35. DETERMINATION OF BIOACTIVE
CONFORMATIONS
• The bioactive conformation defines a particular conformation of the molecule in
which it is bound to the receptor.
• The intrinsic forces between the atoms in the molecule, as well as extrinsic
forces between the molecule and its surrounding environment, considerably
influence the bioactive conformation of the molecule.
• Experimental methods for creating bioactive conformations comprise the
techniques:-
• X-ray crystallography
• NMR spectroscopy
36. X-RAY CRYSTALLOGRAPHY
• The precise 3D structure of the macromolecules can be obtained by this method.
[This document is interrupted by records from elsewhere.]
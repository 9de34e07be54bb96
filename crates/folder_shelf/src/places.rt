//! Where a file stands on the disk.

ghost use Rattle.std.specs.Prelude.{IfOk, IfSome, IsTrue, string_bytes};
ghost use Rattle.folder_shelf.specs.Names.{IsPlaceOf};

use crate::faults::Fault;
use crate::names::is_part;
use outer_world::FileName;
use std::alloc::Global;

/// The path of a file, and of the folder that it stands in.
#[derive(Drop)]
pub(crate) struct Place {
    pub(crate) folder: String,
    pub(crate) file: String,
}

/// Where the file of this name stands. A name that would leave the shelf's folder has no place: it has
/// to be a folder's name, a `/`, and the name of a file there.
pub(crate) fn place_of(alloc: Global, root: &str, name: &FileName) -> Result<Place, Fault>
    ensures { IfOk result (λ place. IsPlaceOf root.now name.now (string_bytes place.folder) (string_bytes place.file)) }
{
    let Ok(text) = str::from_utf8(name.as_bytes()) else {
        return Err(Fault::Failed);
    };
    match text.split_once('/') {
        Some((folder, last)) if is_part(folder) && is_part(last) => {
            let folder = format!(in alloc; "{root}/{folder}")?;
            let file = format!(in alloc; "{}/{last}", folder.as_str())?;
            Ok(Place { folder, file })
        }
        _ => Err(Fault::Failed),
    }
}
Drug-
receptor complexes generated by X-ray crystallography logically offer the exact information,
but this method has several disadvantages:
• • The protein needs to be crystallized, and the formation of crystallizing media is not
typically like the physiological conditions.
• • There is a chance of structural distortion due to crystal packing.
• • Due to crystal instability and active-site occlusion, it is often not promising to disperse
substrates or other biologically applicable molecules into the existing crystals.
• • The positions of hydrogen atoms are tricky to be determined.
• • There is a possibility of errors in determining the structure of the ligand.
37. NMR SPECTROSCOPY
• The 3D structural data is obtained in the solution and is a method of selection when the molecule cannot be
crystallized through experimental ways, as in the case of the membrane-bound receptors or receptors, which
have not yet been isolated due to stability, resolution, or other issues.
• The imperative features of this method are:
• • As no protein crystallization is required, the conformation of the protein is not influenced by packing
forces of the crystal environment.
• • The solution conditions (pH, ionic strength, substrate, temperature, etc.) can be accustomed to match the
physiological conditions.
• • Significant information regarding dynamic aspects of molecular motion can be obtained.
• • It requires much less time but applicable to small molecules only.
• • The positions of hydrogen atoms can be resolved.
• • Apolar solvents may lead to an overprediction of hydrogen-bonding phenomena.
• • Structures generated from NMR may not be comparable to the ones obtained from the experiment and
frequently it may not signify the receptor-bound conformation.